Über 2 habe ich mich schon ein bisschen informiert das wäre:

*KTM Baggy Sue*

Rahmen:
BAGGY SUE (905), Material: Aluminium 6061 triple-butted, Comfort-Geometrie, Semi-Hydroforming Rohre, Steuerrohr für integrierten Steuersatz, Hinterbau mit Muscle-Shape, Konisches Sitzrohr, KTM 3D Ausfallenden mit Discaufnahme, Disc only
Gabel:
Rock Shox Tora SL Air, Travel: 100, S: Solo Air Spring, D: Turnkey Lockout, A: ext. Reb. & Turnkey Lockout, Lockout with Pop-Lock Lever
Schaltwerk:
Shimano Deore XT s, 9-fach, Top Normal - konventionell "Shadow-Design"
Schalthebel:
Shimano Deore, Schalthebel RapidFire - Two-Way-Release
Umwerfer:
Shimano Deore, Down Swing, Dual Pull
Kette:
Shimano HG73, Schaltungskette HG 9-fach Type
Zahnkranz:
Shimano HG50, Zahnkranzkassette 9-fach
Übersetzung:
vorne: 3-fach, 44 - 32 - 22
hinten: 8-fach, 11 - 13 - 15 - 17 - 20 - 23 - 26 - 30 - 34
Kettenradgarnitur:
Shimano M442, Kettenradgarnitur - Oktalink
Innenlager:
Shimano ES25, BSA-Oktalink
Bremshebel:
Shimano M486 Disc, Aluhebel, Griffweite einstellbar
Bremsen:
Shimano M486 Disc, Scheibenbremse vollhydraulisch
Nabe vorne:
Shimano M535 CL, Alunabe mit Schnellspanner, Centerlock
Nabe hinten:
Shimano M535 CL, Alu-Kassettennabe mit Schnellspanner, Centerlock
Speichen:
DT Revolution, 2.0/1.5, Inoxspeiche 2.0/1.5
Felge:
Rigida ZAC2000 Disc, Alufelge 26", geöst, 32 Loch
Reifen:
Conti Race-King, Reifen 26" x 2.0 faltbar
Steuersatz:
Ritchey OE A-Head, A-Head Zero-Logic System, integriert, Aluspacer
Vorbau:
Ritchey Kalloy AS-820 adjustable, A-Head-Vorbau, verstellbar, 4-Schrauben-Klemmung D: 31.8
Lenker:
Ritchey OE OS Rizer 620, Alu Rizer-Lenker, D: 31.8
Pedale:
KTM VP-528, MTB-Pedal symetrisch
Sattel:
Selle Italia X2 Lady TA
Sattelstütze:
Kalloy SP-380 gefedert, Alu-Schaft und Aluklemmung, D: 27,2
Gewicht: 12,9 kg (ohnen Pedalen)

oder 

*Cube Access WLS Pro *

Rahmen:  	Alu Superlite 7005 Double Butted, WLS-Geometry
Gabel: 	Suntour Epicon Air 100mm, Remote-Lockout
Schaltwerk: Shimano Deore
Umwerfer: 	Shimano SLX
Schalthebel: Shimano Deore Rapidfire-Plus
Bremsen: 	hydraulische Scheibenbremse - Stroker Ryde
Kurbeln: 	Shimano M442 Octalink 44x32x22Z.
Zahnkranz: 	Shimano HG50 11-32Z.
Kette: 	Shimano HG53
Naben: 	Shimano Disc M525
Felgen: 	RFR ZX24
Reifen: 	Schwalbe Racing Ralph Kevlar Triple Compound 2.25
Lenker: 	Easton EA50 Lowriser
Vorbau: 	Easton EA30
Steuersatz: FSA No.10 semi-integriert
Sattel: 	Scape Natural Shape 0.1 WLS
Sattelstütze: Scape Light 31.6mm
Pedale: 	Fasten Alu
Farben: 	Brown Green Print
Gewicht: 	ca. 12,6kg (kleinste Rahmenhöhe ohne Pedale)

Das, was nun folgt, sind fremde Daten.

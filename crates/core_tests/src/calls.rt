//! The calls of a node and what it answers to them, as plain data, so that they are put into tables.
use crate::shared::{
    Host, Ip, Row, address, batch, change, incarnation, made, moment, news, put, vec_of,
};
// Names from `locked_node`, since its user names that crate alone.
use locked_node::{
    Address, Change, Changes, Content, Digest, Entry, Kind, Message, News, NodeError, NodeLost,
    NodeOutcome, Received, Running, Said, Sourced, Status, StopCause, Weight,
};
use node_core::{Event, KeyBytes, Reply};
use std::process::Abort;

/// A call of a node, at moment 0 if none is given.
#[derive(Clone, Copy)]
pub(crate) enum Call {
    /// Takes a change that its own member says, at a moment.
    Take(Row, u64),
    /// Takes a change that another says at its incarnation.
    TakeFrom(Ip, u64, Row),
    /// Takes a change with this weight that its own member says.
    TakeWeighty(Row, u8),
    /// Takes these as one batch, each said by its own member.
    TakeAll(&'static [Row]),
    /// Receives the Join of a member that is alive so, at a moment.
    Join(Row, u64),
    /// Receives a Ping without changes, of a member at an incarnation that has this digest.
    Ping(Ip, u64, &'static str),
    /// Makes a Join.
    MakeJoin,
    /// Makes a Ping to a member.
    MakePing(Ip),
    /// Makes a PingReq to a helper, of a target.
    MakePingReq(Ip, Ip),
    /// Makes a PingReqAck to who asked, of a target that was reached.
    MakePingReqAck(Ip, Ip),
    Leave,
    Rejoin,
    Expire(u64),
    Probe,
    Acked(u64),
    Lost(u64),
    HelperSaid(u64, Ip, Said),
    Running,
    Own,
    Member(Ip),
    Len,
    Owner(&'static str),
    Owners(&'static str, usize),
    Members,
    Text,
    Digest,
}

/// A change as a message carries it, and who said it at which incarnation.
pub(crate) type Carried = (Row, Ip, u64);

/// The reply to a call. A member that is not one of `10.0.0.n:1` is 0.
#[derive(Clone, Copy, PartialEq, Eq)]
pub(crate) enum Told<'a> {
    /// How many changes were applied, and how many of these refuted; a change that refutes one is not listed.
    Taken(usize, usize),
    /// After how many changes it stopped, and why.
    Stopped(usize, StopCause),
    /// How many changes were applied, and a message of this member and kind, with this many changes; these are the
    /// first.
    Message(usize, Ip, Kind, usize, [Option<Carried>; 3]),
    /// How many changes were applied, before it was out of memory for the answer.
    NoAnswer(usize),
    Refused(NodeError),
    /// A change with weight 1.
    Change(Row),
    /// A change with this weight.
    Weighty(Row, u8),
    Done,
    Nothing,
    /// A probe's number and target.
    Probe(u64, Ip),
    /// The number and target of the probe that runs, and the helper that it waits for.
    Running(u64, Ip, Option<Ip>),
    /// The entry of a member, with weight 1. Of another weight it counts as a change of none of these members.
    Held(u64, Status),
    Owner(Ip),
    /// How many members are named, and the first three.
    Named(usize, [Option<Ip>; 3]),
    /// Another helper has a word yet.
    Waiting,
    Reached,
    Inconclusive,
    Len(usize),
    /// How many members are held, and the first.
    Members(usize, Option<Row>),
    Text(&'a str),
    Digest([u8; 32]),
}

/// The name of an example, its calls, and the reply to each.
pub(crate) type Calls = (&'static str, &'static [(Call, Told<'static>)]);

fn key(rt: &impl Host, text: &str) -> KeyBytes {
    let mut bytes = vec_of(rt, text.len());
    for byte in text.as_bytes() {
        put(rt, &mut bytes, *byte);
    }
    KeyBytes::from_vec(bytes)
}

/// The call that processes one change.
fn taking(rt: &impl Host, given: Sourced, now: u64) -> Event {
    let (given, now) = ([given], moment(rt, now));
    Event::Take(made!(rt, Changes::from_slice(rt.alloc(), &given)), now)
}

/// The change with another node as its source, at an incarnation.
fn said_by(rt: &impl Abort, source: Ip, at: u64, row: Row) -> Sourced {
    Sourced {
        change: change(rt, row),
        source: address(rt, source),
        source_incarnation: incarnation(rt, at),
    }
}

/// The change with this weight.
fn weighty(rt: &impl Abort, row: Row, weight: u8) -> Sourced {
    let mut given = news(rt, row);
    given.change.weight = Weight::new(weight).expect(rt, "a weight");
    given
}

/// A message of a member at an incarnation.
fn message(rt: &impl Abort, source: Ip, at: u64, content: Content) -> Message {
    Message {
        source: address(rt, source),
        source_incarnation: incarnation(rt, at),
        content,
    }
}

/// The Join of a member.
fn join(rt: &impl Host, row: Row) -> Message {
    let (checksum, changes) = (Digest::new([0; 32]), batch(rt, &[row]));
    message(rt, row.0, row.1, Content::Join(News { checksum, changes }))
}

/// A Ping without changes.
fn ping(rt: &impl Host, source: Ip, at: u64, checksum: &str) -> Message {
    let checksum = Digest::parse(checksum).expect(rt, "a digest");
    let changes = batch(rt, &[]);
    message(rt, source, at, Content::Ping(News { checksum, changes }))
}

/// The making of a PingReq.
fn ping_req(rt: &impl Abort, helper: Ip, target: Ip) -> Event {
    Event::PingReqTo {
        helper: address(rt, helper),
        target: address(rt, target),
    }
}

/// The making of a PingReqAck.
fn ping_req_ack(rt: &impl Abort, requester: Ip, target: Ip) -> Event {
    Event::PingReqAckTo {
        requester: address(rt, requester),
        target: address(rt, target),
        reached: true,
    }
}

/// The event of a call.
pub(crate) fn event(rt: &impl Host, call: Call) -> Event {
    let start = moment(rt, 0);
    match call {
        Call::Take(row, now) => taking(rt, news(rt, row), now),
        Call::TakeFrom(source, at, row) => taking(rt, said_by(rt, source, at, row), 0),
        Call::TakeWeighty(row, weight) => taking(rt, weighty(rt, row, weight), 0),
        Call::TakeAll(rows) => Event::Take(batch(rt, rows), start),
        Call::Join(row, now) => Event::Receive(join(rt, row), moment(rt, now)),
        Call::Ping(source, at, checksum) => Event::Receive(ping(rt, source, at, checksum), start),
        Call::MakeJoin => Event::JoinMessage,
        Call::MakePing(target) => Event::PingTo(address(rt, target)),
        Call::MakePingReq(helper, target) => ping_req(rt, helper, target),
        Call::MakePingReqAck(requester, target) => ping_req_ack(rt, requester, target),
        Call::Leave => Event::Leave,
        Call::Rejoin => Event::Rejoin,
        Call::Expire(now) => Event::Expire(moment(rt, now)),
        Call::Probe => Event::Probe,
        Call::Acked(number) => Event::Acked(number),
        Call::Lost(number) => Event::Lost(number, start),
        Call::HelperSaid(number, helper, said) => Event::HelperSaid {
            number,
            helper: address(rt, helper),
            said,
            moment: start,
        },
        Call::Running => Event::Running,
        Call::Own => Event::Own,
        Call::Member(ip) => Event::Member(address(rt, ip)),
        Call::Len => Event::Len,
        Call::Owner(text) => Event::Owner(key(rt, text)),
        Call::Owners(text, count) => Event::Owners(key(rt, text), count),
        Call::Members => Event::Members,
        Call::Text => Event::DigestText,
        Call::Digest => Event::Digest,
    }
}

fn ip(address: Address) -> Ip {
    if address.port() == 1 { address.ip() } else { 0 }
}

fn row(change: &Change) -> Row {
    let incarnation = change.incarnation.number();
    (ip(change.address), incarnation, change.status)
}

/// The change, if it has weight 1.
fn light(change: &Change) -> Option<Row> {
    (change.weight.number() == 1).then_some(row(change))
}

fn changed(change: &Change) -> Told<'static> {
    match light(change) {
        Some(row) => Told::Change(row),
        None => Told::Weighty(row(change), change.weight.number()),
    }
}

/// What may have changed.
fn maybe(change: &Option<Change>) -> Told<'static> {
    match change {
        Some(change) => changed(change),
        None => Told::Nothing,
    }
}

/// The member at a place of a list.
fn named_at(list: &[Address], place: usize) -> Option<Ip> {
    Some(ip(*list.get(place)?))
}

fn named(list: &[Address]) -> Told<'static> {
    let first = [named_at(list, 0), named_at(list, 1), named_at(list, 2)];
    Told::Named(list.len(), first)
}

fn listed(list: &[Change]) -> Told<'static> {
    match list.first() {
        Some(first) => Told::Members(list.len(), light(first)),
        None => Told::Members(0, None),
    }
}

/// The change at a place of a message's, if it has weight 1.
fn news_at(list: &[Sourced], place: usize) -> Option<Carried> {
    let one = list.get(place)?;
    let row = light(&one.change)?;
    Some((row, ip(one.source), one.source_incarnation.number()))
}

/// The changes that a message of the membership carries.
fn carried(message: &Message) -> &[Sourced] {
    match &message.content {
        Content::Join(news) | Content::Joined(news) => news.changes.as_slice(),
        Content::Ping(news) | Content::Ack(news) => news.changes.as_slice(),
        Content::PingReq(news, _) => news.changes.as_slice(),
        Content::PingReqAck(news, _, _) => news.changes.as_slice(),
        _ => &[],
    }
}

fn sent(applied: usize, message: &Message) -> Told<'static> {
    let list = carried(message);
    let (source, kind) = (ip(message.source), message.content.kind());
    let first = [news_at(list, 0), news_at(list, 1), news_at(list, 2)];
    Told::Message(applied, source, kind, list.len(), first)
}

fn received(received: &Received) -> Told<'static> {
    match received {
        Received::Done(taken) => Told::Taken(taken.applied, taken.refuted),
        Received::Answer(taken, _) if taken.refuted > 0 => {
            Told::Taken(taken.applied, taken.refuted)
        }
        Received::Answer(taken, message) => sent(taken.applied, message),
        Received::NoAnswer(taken) => Told::NoAnswer(taken.applied),
        Received::Stopped(stopped) => Told::Stopped(stopped.taken, stopped.cause),
        Received::NotGossip => Told::Nothing,
    }
}

/// What an answer tells that may be a refusal.
macro_rules! unless_refused {
    ($answer:expr, $value:ident => $told:expr) => {
        match $answer {
            Ok($value) => $told,
            Err(fault) => Told::Refused(*fault),
        }
    };
}

fn lost(lost: &NodeLost) -> Told<'static> {
    match lost {
        NodeLost::Ask(helpers) => named(helpers.as_slice()),
        NodeLost::Suspect(change) => maybe(change),
    }
}

fn heard(outcome: &NodeOutcome) -> Told<'static> {
    match outcome {
        NodeOutcome::Waiting => Told::Waiting,
        NodeOutcome::Reached => Told::Reached,
        NodeOutcome::Inconclusive => Told::Inconclusive,
        NodeOutcome::Suspect(change) => maybe(change),
    }
}

fn running(probe: &Running) -> Told<'static> {
    let waiting = probe.waiting.map(|helper| ip(helper));
    Told::Running(probe.number, ip(probe.target), waiting)
}

fn held(entry: &Entry) -> Told<'static> {
    let incarnation = entry.incarnation.number();
    match entry.weight.number() {
        1 => Told::Held(incarnation, entry.status),
        weight => Told::Weighty((0, incarnation, entry.status), weight),
    }
}

/// What a reply tells; of a text no more than that it is one.
pub(crate) fn read(reply: &Reply) -> Told<'static> {
    match reply {
        Reply::Take(Ok(taken)) => Told::Taken(taken.applied, taken.refuted),
        Reply::Take(Err(stopped)) => Told::Stopped(stopped.taken, stopped.cause),
        Reply::Receive(what) => received(what),
        Reply::JoinMessage(made)
        | Reply::PingTo(made)
        | Reply::PingReqTo(made)
        | Reply::PingReqAckTo(made) => unless_refused!(made, message => sent(0, message)),
        Reply::Leave(own) | Reply::Rejoin(own) => unless_refused!(own, own => changed(own)),
        Reply::Expire(due) => unless_refused!(due, due => maybe(due)),
        Reply::Probe(Ok(Some(probe))) => Told::Probe(probe.number, ip(probe.target)),
        Reply::Probe(Ok(None)) => Told::Nothing,
        Reply::Probe(Err(fault)) => Told::Refused(*fault),
        Reply::Acked(ended) => unless_refused!(ended, _ended => Told::Done),
        Reply::Lost(what) => unless_refused!(what, what => lost(what)),
        Reply::HelperSaid(outcome) => unless_refused!(outcome, outcome => heard(outcome)),
        Reply::Running(Some(probe)) => running(probe),
        Reply::Running(None) | Reply::Member(None) | Reply::Owner(None) => Told::Nothing,
        Reply::Own(own) => changed(own),
        Reply::Member(Some(entry)) => held(entry),
        Reply::Len(count) => Told::Len(*count),
        Reply::Owner(Some(owner)) => Told::Owner(ip(*owner)),
        Reply::Owners(owners) => unless_refused!(owners, owners => named(owners.as_slice())),
        Reply::Members(list) => unless_refused!(list, list => listed(list.as_slice())),
        Reply::DigestText(text) => unless_refused!(text, _text => Told::Text("")),
        Reply::Digest(digest) => unless_refused!(digest, digest => Told::Digest(digest.bytes())),
    }
}

/// Whether a reply tells this, to the text.
pub(crate) fn is_told(reply: &Reply, wanted: Told<'_>) -> bool {
    match (reply, wanted) {
        (Reply::DigestText(Ok(text)), Told::Text(said)) => text.as_str() == said,
        _ => read(reply) == wanted,
    }
}

/// Whether a reply tells this; it is let go.
pub(crate) fn tells(reply: Reply, wanted: Told<'_>) -> bool {
    is_told(&reply, wanted)
}

/// What a call is to be answered when it is made again, if it was out of memory: what it applied by then it does not
/// apply again.
pub(crate) fn wanted_again<'a>(told: Told<'_>, wanted: Told<'a>) -> Option<Told<'a>> {
    match told {
        Told::Refused(NodeError::Memory) | Told::Stopped(_, StopCause::Memory) => Some(wanted),
        Told::NoAnswer(before) => match wanted {
            Told::Message(applied, source, kind, count, first) if applied == before => {
                Some(Told::Message(0, source, kind, count, first))
            }
            _ => None,
        },
        _ => None,
    }
}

Welche Erfahrungen habt ihr damit oder welches würdet ihr mir empfehlen oder gibt es noch ne andere Marke die besser ist?

Danke schonmal


----------



## apoptygma (27. Februar 2010)

Ich finde beide nicht die Offenbarung für den Preis. Das Cube dazu noch fast frech für den Preis. Und dazu beide noch recht schwer!

Muss es denn ein Ladybike sein? Denn da ist es eben leider oft so, das die sich die angebliche "Ladygeo" trotz etwas minderer Komponenten recht teuer bezahlen lassen.

Solls nen Händler-Rad oder darfs auch nen Versender sein?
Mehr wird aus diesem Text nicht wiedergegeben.